Make SCOM all functionalities working in a full Kerberos environment
Make SCOM all functionnalities working in a full Kerberos environment
We have implemented NTML restriction in our AD envionment because of a prioritized recommendation in the Azure AD Security assessment : Place privileged users in the Protected Users Group. The protected users groups provides additional security, because users can only authenticate using Kerberos (everything else is blocked) and hardenning is applied to the Kerberos authentication used by enforcing AES encryption.
BUT placing privileged users in Protected Users Group or implementing authentication policy to restrict usage of NTLM on admin accounts make SCOM loosing some functionalities.
Approving installation on agent in pending required update after having applied KB4601269 on Management Servers is failing with an access denied message. I need here to add that the SCOM environment is dedicated to AD servers so given credentials on the task are Domain Admin credentials.
This error generate an error event 10607, source Health Service Modules in the Operations Manager Event Log:
The Operations Manager Server cannot process the install/uninstall request for computer <Computer Name> due to failure of operating system version verification.
Operation: Agent Install
Install account: <Admin Account>
Error Code: 80070005
Error Description: Access is denied.
And in the same time, an event 4625 is raised with status "0xc000006e" for the account used in the deployment task on the domain controller that has been used for authentication. It indicates that the account is trying a network logon (type 3) with authentication Package NTLM, authentication information is valid but some user account restriction has prevented successful authentication.
The Event description adds that ‘NTLM authentication failed because access control restrictions are required.’ and it gives the name of our Authentication Policy we have implmented in the AD environment.

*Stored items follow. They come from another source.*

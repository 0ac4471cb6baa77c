//! The trees of formats.

use rpm_qfparse::{Part, Parts, Role, Show, TagPart, parse};
use rpm_tags::Tag;
use std::alloc::Global;

const NAME: Tag = Tag::Stored(1000);

const EPOCH: Tag = Tag::Stored(1003);

/// Whether a part is a text of these bytes.
pub fn is_text(parts: &Parts, i: usize, text: &[u8]) -> bool {
    i < parts.len() && matches!(parts.at(i), Part::Text(bytes) if bytes.as_slice() == text)
}

/// Whether a part is this tag.
fn is_tag(parts: &Parts, i: usize, tag: TagPart) -> bool {
    i < parts.len() && matches!(parts.at(i), Part::Tag(part) if *part == tag)
}

/// A tag as it is printed where nothing else is said.
fn plain(tag: Tag, role: Role) -> TagPart {
    TagPart {
        tag,
        role,
        left: false,
        width: 0,
        show: Show::Plain,
    }
}

// Formats of one tag, with its role, whether it stands at the left, its width and its formatter.
const TAGS: &[(&[u8], Tag, Role, bool, u32, Show)] = &[
    (b"%{NAME}", NAME, Role::Element, false, 0, Show::Plain),
    (
        b"%{rpmtag_Epoch}",
        EPOCH,
        Role::Element,
        false,
        0,
        Show::Plain,
    ),
    (
        b"%{NEVRA}",
        Tag::Nevra,
        Role::Element,
        false,
        0,
        Show::Plain,
    ),
    (b"%{=NAME}", NAME, Role::First, false, 0, Show::Plain),
    (b"%{#NAME}", NAME, Role::Count, false, 0, Show::Plain),
    (b"%-6{NAME}", NAME, Role::Element, true, 6, Show::Plain),
    (b"%0005{NAME}", NAME, Role::Element, false, 5, Show::Plain),
    (
        b"%4096{NAME}",
        NAME,
        Role::Element,
        false,
        4096,
        Show::Plain,
    ),
    (b"%-{NAME}", NAME, Role::Element, true, 0, Show::Plain),
    (
        b"%{NAME:string}",
        NAME,
        Role::Element,
        false,
        0,
        Show::Plain,
    ),
    (b"%{NAME:hex}", NAME, Role::Element, false, 0, Show::Hex),
    (b"%{NAME:octal}", NAME, Role::Element, false, 0, Show::Octal),
    (b"%{NAME:perms}", NAME, Role::Element, false, 0, Show::Perms),
    (
        b"%{NAME:depflags}",
        NAME,
        Role::Element,
        false,
        0,
        Show::Depflags,
    ),
    (
        b"%{NAME:fflags}",
        NAME,
        Role::Element,
        false,
        0,
        Show::Fflags,
    ),
    (
        b"%{NAME:fstate}",
        NAME,
        Role::Element,
        false,
        0,
        Show::Fstate,
    ),
    (b"%{NAME:day}", NAME, Role::Element, false, 0, Show::Day),
    (b"%{NAME:date}", NAME, Role::Element, false, 0, Show::Date),
    (
        b"%{NAME:shescape}",
        NAME,
        Role::Element,
        false,
        0,
        Show::Shescape,
    ),
    (
        b"%{NAME:base64}",
        NAME,
        Role::Element,
        false,
        0,
        Show::Base64,
    ),
    (
        b"%{NAME:arraysize}",
        NAME,
        Role::Element,
        false,
        0,
        Show::Arraysize,
    ),
];

/// Whether a format is this tag alone.
fn is_one_tag(alloc: Global, text: &[u8], want: TagPart) -> bool {
    match parse(alloc, text) {
        Ok(format) => format.parts().len() == 1 && is_tag(format.parts(), 0, want),
        Err(_) => false,
    }
}

/// A condition with nothing in it.
fn is_empty_condition(part: &Part) -> bool {
    matches!(part, Part::Condition(tag, first, second) if *tag == EPOCH && first.len() == 0 && second.len() == 0)
}

/// A space, the first name and a condition.
fn is_bracket(part: &Part) -> bool {
    match part {
        Part::Bracket(inner) => {
            inner.len() == 3
                && is_text(inner, 0, b" ")
                && is_tag(inner, 1, plain(NAME, Role::First))
                && is_empty_condition(inner.at(2))
        }
        _ => false,
    }
}

/// A bracket around this text.
fn is_bracket_of(part: &Part, text: &[u8]) -> bool {
    matches!(part, Part::Bracket(inner) if inner.len() == 1 && is_text(inner, 0, text))
}

/// A bracket where there is an epoch, and else a text and the epoch.
fn is_condition(part: &Part) -> bool {
    match part {
        Part::Condition(tag, first, second) => {
            *tag == EPOCH
                && first.len() == 1
                && is_bracket_of(first.at(0), b"x")
                && second.len() == 2
                && is_text(second, 0, b"y")
                && is_tag(second, 1, plain(EPOCH, Role::Element))
        }
        _ => false,
    }
}

const NESTED: &[u8] = b"%{NAME}-%%\\n[ %{=NAME}%|EPOCH?{}|]a%|EPOCH?{[x]}:{y%{EPOCH}}|b";

/// Whether the parts are those of the nested format.
fn are_nested(parts: &Parts) -> bool {
    parts.len() == 6
        && is_tag(parts, 0, plain(NAME, Role::Element))
        && is_text(parts, 1, b"-%\n")
        && is_bracket(parts.at(2))
        && is_text(parts, 3, b"a")
        && is_condition(parts.at(4))
        && is_text(parts, 5, b"b")
}

fn is_nested(alloc: Global) -> bool {
    match parse(alloc, NESTED) {
        Ok(format) => are_nested(format.parts()),
        Err(_) => false,
    }
}

fn unlike_tag(alloc: Global) -> Option<&'static [u8]> {
    for &(text, tag, role, left, width, show) in TAGS {
        let want = TagPart {
            tag,
            role,
            left,
            width,
            show,
        };
        if !is_one_tag(alloc, text, want) {
            return Some(text);
        }
    }
    None
}

#[test]
fn formats_are_trees(rt: HostRuntime) {
    let tag = unlike_tag(rt.alloc());
    let nested = is_nested(rt.alloc());
    assert!(rt; tag.is_none() && nested, "{tag:?} {nested}");
}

NTLM usage block is a known consequence of the Authentication Polices configuration and reverting the Authentication Policy from ‘Enforce Policy Restriction’ to ‘Only audit policy restriction’ for the account use in the deployment task is solving the issue. In audit mode, we always see event in AD for NTLM usage but NTLM authentication stay allowed.
I was thinking that SCOM uses whatever mechanism is available to open a RPC connection at start the installation and then open an SMB connection to copy updates but this shows that without NTLM V2, (NTLMV1 was disabled since year now in our environment), the deployment cannot be successful.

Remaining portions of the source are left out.